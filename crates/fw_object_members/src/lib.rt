//! What the members of the interfaces `org.fedoraproject.FirewallD1.config.zone` and `org.fedoraproject.FirewallD1.config.policy` answer,
//! and what they make of the permanent settings (firewalld.dbus(5)).
#![tactic(auto)]

mod built_in;
mod object;
mod policy;
mod zone;

pub use policy::{policy_settings_member, remove_policy_member, update_policy_member};
pub use zone::{remove_zone_member, update_zone_member, zone_settings_member};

────

Output the number of lines in the records above that contain the string "policy", and no other text.

▶ _OUTPUT BELOW_: 3